5 Replies Latest reply on Mar 26, 2012 10:55 AM by cluxig

    How to store large binaries

    cluxig

      Hi,

      we have to store large binaries in a content repository using a DiskStore. If we submit InputStreams with very large content, greater than java heap space, we get an OutOfMemory Exception. This is caused by the AbstractBinaryValueFactory, which extracts the bytes from the InputStream (via IoUtil.readBytes) and tries to create an InMemoryBinary by default.

       

      We are using ModeShape 2.8.0.Final via JCR. I tried to provide our own ValueFactories (to provide another BinaryFactory), but this seems to be impossible, because your JcrRepository implementation makes a call in constructor like ExecutionContext.with(NamespaceRegistry). This call creates a new ExecutionContext without re-referencing the (patched) ValueFactories:

      public ExecutionContext with( NamespaceRegistry namespaceRegistry ) {
              // Don't supply the value factories or property factories, since they'll have to be recreated
              // to reference the supplied namespace registry ...
              return new ExecutionContext(getSecurityContext(), namespaceRegistry, null, getPropertyFactory(), getMimeTypeDetector(),
                                          getTextExtractor(), getClassLoaderFactory(), getData(), getProcessId());
      }
      

       

      So what happens: The StandardValueFactories are used again, providing the default BinaryFactory.

       

      My questions are:

      1. How to store large binaries in ModeShape?
      2. If you have no solution to 1. Is it possible to provide a custom value factory or a custom javax.jcr.Binary?

       

      Thanks in advance

        • 1. Re: How to store large binaries
          rhauch

          We should allow you to provide a custom BinaryFactory. Would you mind logging an issue so we can fix that in 2.8.1.Final?

           

          Unfortunately, providing your own javax.jcr.Binary implementation won't really work, since we expect the implementation to also implement some other interfaces. You could try implementing those, too, but I'm not sure what'll happen.

           

          BTW, 3.0 already does the right thing here. First of all, our javax.jcr.Binary values never store the content in-memory. When clients create a new Binary object (given an InputStream), we always stream that directly into persistent storage (the kind of storage is configurable, but defaults to storing the values on the file system keyed by SHA-1). Secondly, we will accept any javax.jcr.Binary implementation; yes, if it doesn't implement our Binary extension to javax.jcr.Binary, we'll stream it into our own storage. However, I don't think there's much advantage to using a custom Binary implementation in 3.x, since I think we're handling them much better than in 2.x.
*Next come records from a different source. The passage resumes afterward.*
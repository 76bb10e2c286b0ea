//! A log: lines one after another, each read by itself.

ghost use Rattle.std.specs.Prelude.{◌≡◌, ◌+◌, ◌<◌, ◌≤◌, ◌^◌, ◌++◌, ◌∷◌, ℕ, List, [], IfErr, IfOk, OnErr, OnOk, length, ⊤};
ghost use Rattle.etcs_log.specs.Logs.{Answered, EndText, lines_in};
ghost use Rattle.etcs_log.specs.Promised.{log_promises};
ghost use Rattle.etcs_runs.specs.declared.fault.RunFault.{RunFault};
ghost use Rattle.etcs_log.specs.Stands.{LogTook};
ghost use Rattle.etcs_log.specs.laws.LogLaws.{log_sound, long_output, stands_output, took_output};

use crate::job::{LogJob, LogTally};
use crate::lines::Answers;
use crate::notes::Note;
use etcs_packet_text::inner::Page;
use etcs_runs::inner::{Engine, LineHandler, Lines, send};
use etcs_runs::{MOST_LINE, RunFault, Sink, without_cr};
use std::alloc::{AllocError, Global};

/// After how many failures the sink of notes isn't called again.
const MOST_FAILURES: u64 = 1 << 62;

/// Lengthens a buffer to at least this many bytes.
///
/// # Errors
///
/// If memory runs out.
fn make_room(buffer: &mut Vec<u8>, count: usize) -> Result<(), AllocError>
    ensures { OnOk result (count ≤ length buffer.new.items) }
{
    if buffer.len() < count {
        buffer.resize(count, 0)?;
    }
    Ok(())
}

/// Handles the lines of a log, with a buffer for the bytes of each and one for what is written of it.
#[derive(Drop)]
pub(crate) struct LogLines {
    buffer: Vec<u8>,
    text: Vec<u8>,
    /// How many bytes the notes of whole lines have.
    noted: usize,
    pub(crate) answers: Answers,
}

impl LogLines {
    /// No line was read. Not inlined, so that what it is made of isn't on the stack while lines are read.
    #[inline(never)]
    pub(crate) fn new(alloc: Global, job: LogJob) -> LogLines
        ensures job { result.answers.job ≡ job }
        ensures took { LogTook job result.answers.line result.answers.seen [] [] }
    {
        LogLines {
            buffer: Vec::new(alloc),
            text: Vec::new(alloc),
            noted: 0,
            answers: Answers::new(alloc, job),
        }
    }

    /// Appends what was written of a line, or nothing.
    fn pass_on(&mut self, page: &mut Page) -> Result<(), AllocError>
        ensures answers { self.new.answers ≡ self.old.answers }
        ensures ok { OnOk result (page.new ≡ page.old ++ self.old.text.items) }
        ensures err { OnErr result (page.new ≡ page.old) }
    {
        self.noted = self.answers.notes.len();
        page.put(self.text.as_slice())
    }

    /// Writes what the next line is.
    ///
    /// # Errors
    ///
    /// If memory runs out.
    fn write_line(&mut self, line: &[u8]) -> Result<(), AllocError>
        requires line { self.old.answers.line < 2 ^ 63 }
        requires few { lines_in self.old.answers.seen.tally < 2 ^ 63 }
        ensures job { self.new.answers.job ≡ self.old.answers.job }
        ensures line { self.new.answers.line ≡ self.old.answers.line + 1 }
        ensures ok { OnOk result (Answered self.old.answers.job (self.old.answers.line + 1) line.now self.old.answers.seen self.new.answers.seen [] self.new.text.items) }
    {
        self.text.clear();
        self.answers.line += 1;
        if line.len() > MOST_LINE {
            return self.answers.refuse(&Note::TooLong, &mut self.text);
        }
        make_room(&mut self.buffer, line.len().div_ceil(2))?;
        self.answers
            .take(line, self.buffer.as_mut_slice(), &mut self.text)
    }

    /// Reports what the next line is.
    ///
    /// # Errors
    ///
    /// If memory runs out. Nothing was appended.
    fn take(&mut self, line: &[u8], page: &mut Page) -> Result<(), AllocError>
        requires line { self.old.answers.line < 2 ^ 63 }
        requires few { lines_in self.old.answers.seen.tally < 2 ^ 63 }
        ensures job { self.new.answers.job ≡ self.old.answers.job }
        ensures line { self.new.answers.line ≡ self.old.answers.line + 1 }
        ensures ok { OnOk result (Answered self.old.answers.job (self.old.answers.line + 1) line.now self.old.answers.seen self.new.answers.seen page.old page.new) }
        ensures err { OnErr result (page.new ≡ page.old) }
    {
        self.write_line(line)?;
        self.pass_on(page)
    }

    /// Ends the log: writes the counts and the groups.
    ///
    /// # Errors
    ///
    /// `Memory` if memory runs out. Nothing was appended.
    fn end(&mut self, page: &mut Page) -> Result<LogTally, RunFault>
        ensures ok { IfOk result (λ tally. (tally ≡ self.old.answers.seen.tally) × ((end : List ℕ) × EndText self.old.answers.job tally self.old.answers.seen.groups end × (page.new ≡ page.old ++ end))) }
        ensures err { IfErr result (λ e. (e ≡ RunFault.Memory) × (page.new ≡ page.old)) }
    {
        self.text.clear();
        self.answers.write_end(&mut self.text)?;
        self.pass_on(page)?;
        Ok(self.answers.seen.tally)
    }
}

impl LineHandler for LogLines {
    type Job = LogJob;

    type Tally = LogTally;

    ghost job = { λ s. s.answers.job };

    ghost promises = { log_promises };

    ghost most = { λ job. 1048576 };

    ghost took = { λ s lines output. LogTook s.answers.job s.answers.line s.answers.seen lines output };

    ghost said = { λ s output. ⊤ };

    fn most(&self) -> usize {
        MOST_LINE
    }

    fn handle_line(&mut self, line: &[u8], _number: u64, page: &mut Page) -> Result<(), RunFault> {
        match self.take(line, page) {
            Ok(()) => Ok(()),
            Err(AllocError) => Err(RunFault::Memory),
        }
    }

    fn refuse_long(&mut self, _number: u64, page: &mut Page) -> Result<(), RunFault> {
        self.text.clear();
        self.answers.line += 1;
        self.answers.refuse(&Note::TooLong, &mut self.text)?;
        Ok(self.pass_on(page)?)
    }

    fn handle_last(
        &mut self,
        line: &[u8],
        _number: u64,
        page: &mut Page,
    ) -> Result<LogTally, RunFault> {
        match self.take(without_cr(line), page) {
            Ok(()) => self.end(page),
            Err(AllocError) => Err(RunFault::Memory),
        }
    }

    fn close(&mut self, page: &mut Page) -> Result<LogTally, RunFault> {
        self.end(page)
    }

    ghost sound = { λ s. log_sound s.answers.job };

    ghost took_outputs = { λ s lines begun output h l. took_output s.answers.job s.answers.line s.answers.seen lines begun output h l };

    ghost long_outputs = { λ s lines part output h l long. long_output s.answers.job s.answers.line s.answers.seen lines part output h l long };

    ghost took_said = { λ s lines output h. tt };
}

/// The lines of a log, and where notes go if good lines are written.
#[derive(Drop)]
pub(crate) struct LogEngine<'a, N: Sink> {
    pub(crate) lines: Lines<LogLines>,
    pub(crate) notes: &'a mut N,
}

/// Passes the first bytes of notes on to a sink. Those that it doesn't take are lost.
fn pass_notes<N: Sink>(notes: &mut Vec<u8>, count: usize, sink: &mut N) {
    notes.truncate(count);
    if sink.failures() < MOST_FAILURES {
        let _ = send(sink, notes.as_slice(), &mut 0);
    }
    notes.clear();
}

impl<'a, N: Sink> Engine for LogEngine<'a, N> {
    type Job = LogJob;

    type Tally = LogTally;

    ghost job = { λ e. e.lines.handler.answers.job };

    ghost promises = { log_promises };

    ghost stands = { λ e given output. ⟦<Lines<LogLines> as Engine>⟧.stands e.lines given output };

    ghost said = { λ e output. ⊤ };

    fn wanted(&self) -> usize {
        self.lines.wanted()
    }

    fn feed(&mut self, piece: &[u8], page: &mut Page) -> Result<(), RunFault> {
        let lines = &mut self.lines;
        let fed = lines.feed(piece, page);
        let LogLines { noted, answers, .. } = &mut lines.handler;
        pass_notes(&mut answers.notes, *noted, self.notes);
        *noted = 0;
        fed
    }

    fn finish(&mut self, page: &mut Page) -> Result<LogTally, RunFault> {
        let lines = &mut self.lines;
        let finished = lines.finish(page);
        let LogLines { noted, answers, .. } = &mut lines.handler;
        pass_notes(&mut answers.notes, *noted, self.notes);
        *noted = 0;
        finished
    }

    ghost sound = { λ e. log_sound e.lines.handler.answers.job };

    ghost stands_outputs = { λ e given output h. stands_output e.lines.handler.answers.job e.lines.handler.answers.line e.lines.handler.answers.seen _ _ _ given output h };
}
          • 2. Re: How to store large binaries
            jonathandfields

            Hi, could you please point to some examples, docs, or  or code in 3.0 illustrating the use of the configurable binary storage? I am quite interested in this aspect of Modeshape, and would like to see if it fulfills my requirements. Thanks!
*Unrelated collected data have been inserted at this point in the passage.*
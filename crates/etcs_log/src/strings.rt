//! Strings of JSON that a terminal shows and doesn't obey.

ghost use Rattle.std.specs.Prelude.{◌≡◌, ◌++◌, ◌<◌, OnOk};
ghost use Rattle.serde_json.specs.Data.{string};
ghost use Rattle.serde_json.specs.Written.{compact_text};
ghost use Rattle.etcs_log.specs.Visible.{escape_of, is_unseen, visible, visible_char};

use json::Writer;
use std::alloc::AllocError;
use std::{mem, str};

/// Whether a terminal may obey a character that JSON has as it is: DEL, a control of C1, an end of a line or a paragraph, or
/// a mark of the direction of writing.
fn is_unseen(character: char) -> bool
    ensures { result ≡ is_unseen character }
{
    matches!(
        character,
        '\u{7f}'..='\u{9f}'
            | '\u{61c}'
            | '\u{200e}'..='\u{200f}'
            | '\u{2028}'..='\u{202e}'
            | '\u{2066}'..='\u{2069}'
    )
}

/// Appends the escape of a character below 65,536.
///
/// # Errors
///
/// If memory runs out.
fn append_escape(character: char, out: &mut Vec<u8>) -> Result<(), AllocError>
    requires { character < 65536 }
    ensures { OnOk result (out.new.items ≡ out.old.items ++ escape_of character) }
{
    let code = u32::from(character);
    let mut digits = [0; 4];
    let _ = hex::encode_to_slice([(code / 256) as u8, (code % 256) as u8], &mut digits);
    out.extend_from_slice(b"\\u")?;
    out.extend_from_slice(&digits)
}

/// Appends a character, or its escape if it is unseen.
///
/// # Errors
///
/// If memory runs out.
fn append_char(character: char, out: &mut Vec<u8>) -> Result<(), AllocError>
    ensures { OnOk result (out.new.items ≡ out.old.items ++ visible_char character) }
{
    if is_unseen(character) {
        return append_escape(character, out);
    }
    let mut bytes = [0; 4];
    out.extend_from_slice(character.encode_utf8(&mut bytes).as_bytes())
}

/// Appends a text with its unseen characters escaped.
///
/// # Errors
///
/// If memory runs out.
fn append_visible(text: &str, out: &mut Vec<u8>) -> Result<(), AllocError>
    ensures { OnOk result (out.new.items ≡ out.old.items ++ visible text.now) }
{
    for character in text.chars() {
        append_char(character, out)?;
    }
    Ok(())
}

/// Appends a text as a string of JSON.
///
/// # Errors
///
/// If memory runs out.
fn append_string(text: &str, out: &mut Vec<u8>) -> Result<(), AllocError>
    ensures { OnOk result (out.new.items ≡ out.old.items ++ compact_text (string text.now)) }
{
    let empty = Vec::new(*out.allocator());
    let mut writer = Writer::new(mem::replace(out, empty));
    let written = writer.string(text);
    *out = writer.into_inner();
    written
}

/// Appends a text as [`append_visible_string`] does, by a copy of its string.
///
/// # Errors
///
/// If memory runs out.
fn append_escaped_string(text: &str, out: &mut Vec<u8>) -> Result<(), AllocError>
    ensures { OnOk result (out.new.items ≡ out.old.items ++ visible (compact_text (string text.now))) }
{
    let mut string = Vec::new(*out.allocator());
    append_string(text, &mut string)?;
    let Ok(string) = str::from_utf8(&string) else {
        unreachable!()
    };
    append_visible(string, out)
}

/// Appends a text as a string of JSON with its unseen characters escaped.
///
/// # Errors
///
/// If memory runs out.
pub(crate) fn append_visible_string(text: &str, out: &mut Vec<u8>) -> Result<(), AllocError>
    ensures { OnOk result (out.new.items ≡ out.old.items ++ visible (compact_text (string text.now))) }
{
    if text.chars().any(is_unseen) {
        return append_escaped_string(text, out);
    }
    append_string(text, out)
}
            • 3. Re: How to store large binaries
              rhauch

              I'll start a new discussion thread for the 3.0 handling of binaries.

              • 4. Re: How to store large binaries
                jonathandfields

                Great, thank you.

                • 5. Re: How to store large binaries
                  cluxig

                  Actually i do a trick by creating an EnhancedExecutionContext and overriding all with(...) methods. The custom BinaryFactory is used there, but the main goal could not reached by that.
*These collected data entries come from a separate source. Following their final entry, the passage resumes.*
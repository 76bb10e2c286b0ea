//! The kinds of items that a log has.

ghost use Rattle.std.specs.Prelude.{◌≡◌, ◌≤◌};
ghost use Rattle.etcs_log.specs.Candidates.{added, asks_message, contains, has_length, is_asked, is_message_number, is_wanted, kind_name, may_have, message_way, only, says_length, several, telegram_bytes};

use etcs_reasons::inner::{are_bits, byte_at};
use etcs_text::Kind;

/// Kinds of items.
#[derive(Clone, Copy, Debug, PartialEq, Eq)]
pub struct Kinds {
    /// Balise telegrams of 830 user bits.
    pub long: bool,
    /// Balise telegrams of 210 user bits.
    pub short: bool,
    /// Radio messages to the train.
    pub radio: bool,
    /// Radio messages from the train to the track.
    pub train: bool,
}

impl Kinds {
    /// Returns this kind alone.
    pub fn of(kind: Kind) -> Kinds
        ensures { result ≡ only kind }
    {
        Kinds {
            long: kind == Kind::Long,
            short: kind == Kind::Short,
            radio: kind == Kind::Radio,
            train: kind == Kind::Train,
        }
    }

    /// Returns whether this kind is one of them.
    pub fn contains(self, kind: Kind) -> bool
        ensures { result ≡ contains self kind }
    {
        match kind {
            Kind::Long => self.long,
            Kind::Short => self.short,
            Kind::Radio => self.radio,
            Kind::Train => self.train,
        }
    }

    /// Returns these kinds and this one.
    pub fn with(self, kind: Kind) -> Kinds
        ensures { result ≡ added self kind }
    {
        let mut kinds = self;
        match kind {
            Kind::Long => kinds.long = true,
            Kind::Short => kinds.short = true,
            Kind::Radio => kinds.radio = true,
            Kind::Train => kinds.train = true,
        }
        kinds
    }

    /// Returns whether there are two or more of them.
    pub fn several(self) -> bool
        ensures { result ≡ several self }
    {
        (self.long && (self.short || self.radio || self.train))
            || (self.short && (self.radio || self.train))
            || (self.radio && self.train)
    }

    /// Whether these bytes may be a message, if a way is asked for: beside telegrams only one whose number SUBSET-026 has.
    pub(crate) fn asks_message(self, bytes: &[u8]) -> bool
        ensures { result ≡ asks_message self bytes.now }
    {
        (self.radio || self.train)
            && (!(self.long || self.short) || is_message_number(byte_at(bytes, 0)))
    }

    /// The kind of a message of these bytes: if both ways are asked for, that of its number (SUBSET-026, 8.5).
    pub(crate) fn message_way(self, bytes: &[u8]) -> Kind
        ensures { result ≡ message_way self bytes.now }
    {
        if self.train && (!self.radio || matches!(byte_at(bytes, 0), 129..=159)) {
            Kind::Train
        } else {
            Kind::Radio
        }
    }
}

/// Whether SUBSET-026 has a message of this number (8.5).
pub(crate) fn is_message_number(number: u8) -> bool
    ensures { result ≡ is_message_number number }
{
    matches!(
        number,
        2..=3
            | 6
            | 8..=9
            | 15..=16
            | 18
            | 24
            | 27..=28
            | 32..=34
            | 37..=41
            | 43
            | 45
            | 129..=130
            | 132
            | 136..=138
            | 146..=147
            | 149..=150
            | 153..=159
    )
}

/// How many bytes telegrams of a kind have.
pub(crate) fn telegram_bytes(kind: Kind) -> usize
    ensures value { result ≡ telegram_bytes kind }
    ensures within { result ≤ 104 }
{
    match kind {
        Kind::Long => 104,
        Kind::Short => 27,
        Kind::Radio | Kind::Train => 0,
    }
}

/// Whether items of the kind may have this number of bytes.
pub(crate) fn may_have(kind: Kind, count: usize) -> bool
    ensures { result ≡ may_have kind count }
{
    match kind {
        Kind::Long => count == 104,
        Kind::Short => count == 27,
        Kind::Radio | Kind::Train => true,
    }
}

/// Whether L_MESSAGE is this number of bytes.
pub(crate) fn says_length(bytes: &[u8]) -> bool
    ensures { result ≡ says_length bytes.now }
{
    bytes.len() > 2
        && bytes.len() == usize::from(byte_at(bytes, 1)) * 4 + usize::from(byte_at(bytes, 2)) / 64
}

/// Whether the bytes are as many as a telegram of the kind has, or the digits are its bits.
pub(crate) fn has_length(kind: Kind, bytes: &[u8]) -> bool
    ensures { result ≡ has_length kind bytes.now }
{
    bytes.len() == telegram_bytes(kind) || are_bits(kind, bytes)
}

/// Whether some kind has items of this length.
pub(crate) fn is_wanted(bytes: &[u8]) -> bool
    ensures { result ≡ is_wanted bytes.now }
{
    has_length(Kind::Long, bytes) || has_length(Kind::Short, bytes) || says_length(bytes)
}

/// Whether some kind that is asked for has items of this length.
pub(crate) fn is_asked(kinds: Kinds, bytes: &[u8]) -> bool
    ensures { result ≡ is_asked kinds bytes.now }
{
    (kinds.long && has_length(Kind::Long, bytes))
        || (kinds.short && has_length(Kind::Short, bytes))
        || ((kinds.radio || kinds.train) && says_length(bytes))
}

/// What a kind is called.
pub(crate) fn kind_name(kind: Kind) -> &'static str
    ensures { result.now ≡ kind_name kind }
{
    match kind {
        Kind::Long => "long",
        Kind::Short => "short",
        Kind::Radio => "radio",
        Kind::Train => "train",
    }
}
                  Now i got a NotSerializableException, because the internal InputStream of my custom binary is (of course) not serializable. I used the DiskStore to store Nodes. But the DiskStore stores all the properties and nodes in Java ObjectStreams. So in that case only a simple type like byte[] could be serialized. And this array must be (of course) in memory.

                  Actually i don't see a solution to resolve the storing problem with ModeShape. Should we try the FileSystemStore here besides our custom Binary? Hopefully with ModeShape 3.0 we could handle that easily. Any further hints/ideas?